Your task. Beginning with the line where "let used = vec_len(m, 0, size)?;" occurs, transcribe every line exactly through the last line of the listing below, and no others.

*** Supplied data Section Begins ***

// Messages read: bincode legacy lists (document 01, "Messages"), where they lie in the incoming buffer. One reader for every kind of list,
// and one walk over a message: it tells the length used, and `form_of` what is wrong with it; `part` hands back the part of the buffer
// that holds a message. The crate encode writes them. From src/channel.rs (list checks) and src/utils/serde.rs of polytune.
#![tactic(auto)]

ghost use Rattle.std.specs.Prelude.{◌≡◌, true, ℕ, ◌+◌, ◌<◌, ◌≤◌, length, drop};
ghost use Rattle.lists.specs.Sect.{get};
ghost use Rattle.message.specs.Format as F;
ghost use Rattle.message.specs.Found.{Long, Told};
ghost use Rattle.message.specs.Read as R;
ghost use Rattle.refusals.specs.Reason.{code_of};

use refusals::Reason;

// What the items of a list are.
#[derive(Clone, Copy, Debug, PartialEq, Eq)]
pub enum Kind {
    // A fixed number of bytes, the first few of them bools: size, bools.
    Items(usize, usize),
    // A list of bytes of any length: a dm.
    Dms,
    // A list of bools and a list of Blocks, both of the count that is due: a bucket's d values and their MACs.
    Dvalues(usize),
    // An option of a Block: an entry of an echo.
    Options,
}

// The `count` bytes from `at` on, as far as s goes, are bools.
fn bools(s: &[u8], at: usize, count: usize) -> bool
    requires { at ≤ length s.now }
    ensures { result ≡ F.bools count (drop at s.now) }
{
    let end = at + count.min(s.len() - at);
    s[at..end].iter().all(|b| *b <= 1)
}

// The bytes of the list of items of `size` bytes at `at`. No count makes the product wrap.
fn vec_len(s: &[u8], at: usize, size: usize) -> Option<usize>
    requires { (at ≤ length s.now) × (0 < size) }
    ensures { Long (F.vec_len size (drop at s.now)) result }
{
    let left = s.len() - at;
    if left < 8 {
        return None;
    }
    let count = block::load64(s, at);
    let room = (left - 8) / size;
    if (room as u64) < count {
        return None;
    }
    Some(8 + count as usize * size)
}

// The bytes of the item of `size` bytes at `at`, the first `count` of them bools. An item takes at least a byte.
fn items_len(s: &[u8], at: usize, size: usize, count: usize) -> Option<usize>
    requires { at ≤ length s.now }
    ensures { Long (F.item_len (Kind.Items size count) (drop at s.now)) result }
{
    if size == 0 || s.len() - at < size || !bools(s, at, count) {
        return None;
    }
    Some(size)
}

// The bytes of the bucket at `at`: a list of bools and a list of Blocks.
fn dvalue_len(s: &[u8], at: usize, due: usize) -> Option<usize>
    requires { at ≤ length s.now }
    ensures { Long (F.item_len (Kind.Dvalues due) (drop at s.now)) result }
{
    let ds = vec_len(s, at, 1)?;
    if !bools(s, at + 8, ds - 8) {
        return None;
    }
    let macs = vec_len(s, at + ds, 16)?;
    Some(ds + macs)
}

// The bytes of the option at `at`: 0 alone, or 1 and a Block.
fn option_len(s: &[u8], at: usize) -> Option<usize>
    requires { at ≤ length s.now }
    ensures { Long (F.item_len Kind.Options (drop at s.now)) result }
{
    let left = s.len() - at;
    if left == 0 {
        return None;
    }
    match s[at] {
        0 => Some(1),
        1 if left < 17 => None,
        1 => Some(17),
        _ => None,
    }
}

// The bytes of the item at `at`.
fn item_len(kind: Kind, s: &[u8], at: usize) -> Option<usize>
    requires { at ≤ length s.now }
    ensures { Long (F.item_len kind (drop at s.now)) result }
{
    match kind {
        Kind::Items(size, count) => items_len(s, at, size, count),
        Kind::Dms => vec_len(s, at, 1),
        Kind::Dvalues(due) => dvalue_len(s, at, due),
        Kind::Options => option_len(s, at),
    }
}

// Where item t begins.
pub fn item_at(kind: Kind, m: &[u8], t: usize) -> usize
    requires { (F.decodes kind m.now ≡ true) × (t ≤ F.count_of m.now) }
    ensures { result ≡ F.item_at kind m.now t }
{
    let mut pos = 8;
    for k in 0..t {
        pos += item_len(kind, m, pos).unwrap_or(0);
    }
    pos
}

// Both lists of the bucket at `at` have `due` elements.
fn bucket_due(s: &[u8], at: usize, due: usize) -> bool
    requires { (at ≤ length s.now) × (0 < F.item_len (Kind.Dvalues due) (drop at s.now)) }
    ensures { result ≡ F.item_due (Kind.Dvalues due) (F.item_of (Kind.Dvalues due) (drop at s.now)) }
{
    block::load64(s, at) == due as u64 && block::load64(s, at + 8 + due) == due as u64
}

// The inner lists of the item at `at` have the counts that are due.
fn inner_due(kind: Kind, s: &[u8], at: usize) -> bool
    requires { (at ≤ length s.now) × (0 < F.item_len kind (drop at s.now)) }
    ensures { result ≡ F.item_due kind (F.item_of kind (drop at s.now)) }
{
    match kind {
        Kind::Dvalues(due) => bucket_due(s, at, due),
        _ => true,
    }
}

// What is read of a message: the length used, its count included, and whether the counts are those due.
#[derive(Clone, Copy)]
pub struct Reading {
    pub used: usize,
    pub due: bool,
}

// A list read item by item. Every item takes at least a byte, so the work is bounded by m's length, whatever the count says.
fn read_each(kind: Kind, count: usize, m: &[u8]) -> Option<Reading>
    ensures { Told kind count (F.read_of kind m.now) result }
{
    if m.len() < 8 {
        return None;
    }
    let found = block::load64(m, 0);
    let mut inner = true;
    let mut pos = 8;
    for t in 0..found {
        let len = item_len(kind, m, pos)?;
        inner = inner & inner_due(kind, m, pos);
        pos += len;
    }
    Some(Reading {
        used: pos,
        due: (found == count as u64) & inner,
    })
}

// A list of items of a fixed size read: where they lie is known from the count, and only their bools are looked at.
fn read_items(size: usize, flags: usize, count: usize, m: &[u8]) -> Option<Reading>
    requires { 0 < size }
    ensures { Told (Kind.Items size flags) count (F.read_of (Kind.Items size flags) m.now) result }
{
    let used = vec_len(m, 0, size)?;
    let found = block::load64(m, 0);
    let due = found == count as u64;
    if flags == 0 {
        return Some(Reading { used, due });
    }
    for k in 0..found as usize {
        if !bools(m, 8 + k * size, flags) {
            return None;
        }
    }
    Some(Reading { used, due })
}

// The reader.
pub fn read(kind: Kind, count: usize, m: &[u8]) -> Option<Reading>
    ensures { Told kind count (F.read_of kind m.now) result }
{
    match kind {
        Kind::Items(size, flags) if size != 0 => read_items(size, flags, count, m),
        _ => read_each(kind, count, m),
    }
}

// What is wrong with a message: it doesn't decode, doesn't end where its value ends, or hasn't the counts that are due.
pub fn form_of(kind: Kind, count: usize, m: &[u8]) -> Result<(), Reason>
    ensures { code_of result ≡ F.form_of kind count m.now }
{
    let Some(r) = read(kind, count, m) else {
        return Err(Reason::Undecodable);
    };
    if r.used != m.len() {
        return Err(Reason::TrailingBytes);
    }
    if !r.due {
        return Err(Reason::InvalidLength);
    }
    Ok(())
}

// A part of `len` bytes from `start` lies within a buffer of `total` bytes.
pub fn inside(total: usize, start: usize, len: usize) -> bool
    ensures { result ≡ R.inside total start len }
{
    start <= total && len <= total - start
}

// The part of the incoming buffer that holds a message.
pub fn part(incoming: &[u8], start: usize, len: usize) -> &[u8]
    requires { R.inside (length incoming.now) start len ≡ true }
    ensures { result.now ≡ get start len incoming.now }
{
    &incoming[start..start + len]
}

*** Supplied data Section Ends ***

Exercise solution.
    let used = vec_len(m, 0, size)?;
    let found = block::load64(m, 0);
    let due = found == count as u64;
    if flags == 0 {
        return Some(Reading { used, due });
    }
    for k in 0..found as usize {
        if !bools(m, 8 + k * size, flags) {
            return None;
        }
    }
    Some(Reading { used, due })
}

// The reader.
pub fn read(kind: Kind, count: usize, m: &[u8]) -> Option<Reading>
    ensures { Told kind count (F.read_of kind m.now) result }
{
    match kind {
        Kind::Items(size, flags) if size != 0 => read_items(size, flags, count, m),
        _ => read_each(kind, count, m),
    }
}

// What is wrong with a message: it doesn't decode, doesn't end where its value ends, or hasn't the counts that are due.
pub fn form_of(kind: Kind, count: usize, m: &[u8]) -> Result<(), Reason>
    ensures { code_of result ≡ F.form_of kind count m.now }
{
    let Some(r) = read(kind, count, m) else {
        return Err(Reason::Undecodable);
    };
    if r.used != m.len() {
        return Err(Reason::TrailingBytes);
    }
    if !r.due {
        return Err(Reason::InvalidLength);
    }
    Ok(())
}

// A part of `len` bytes from `start` lies within a buffer of `total` bytes.
pub fn inside(total: usize, start: usize, len: usize) -> bool
    ensures { result ≡ R.inside total start len }
{
    start <= total && len <= total - start
}

// The part of the incoming buffer that holds a message.
pub fn part(incoming: &[u8], start: usize, len: usize) -> &[u8]
    requires { R.inside (length incoming.now) start len ≡ true }
    ensures { result.now ≡ get start len incoming.now }
{
    &incoming[start..start + len]
}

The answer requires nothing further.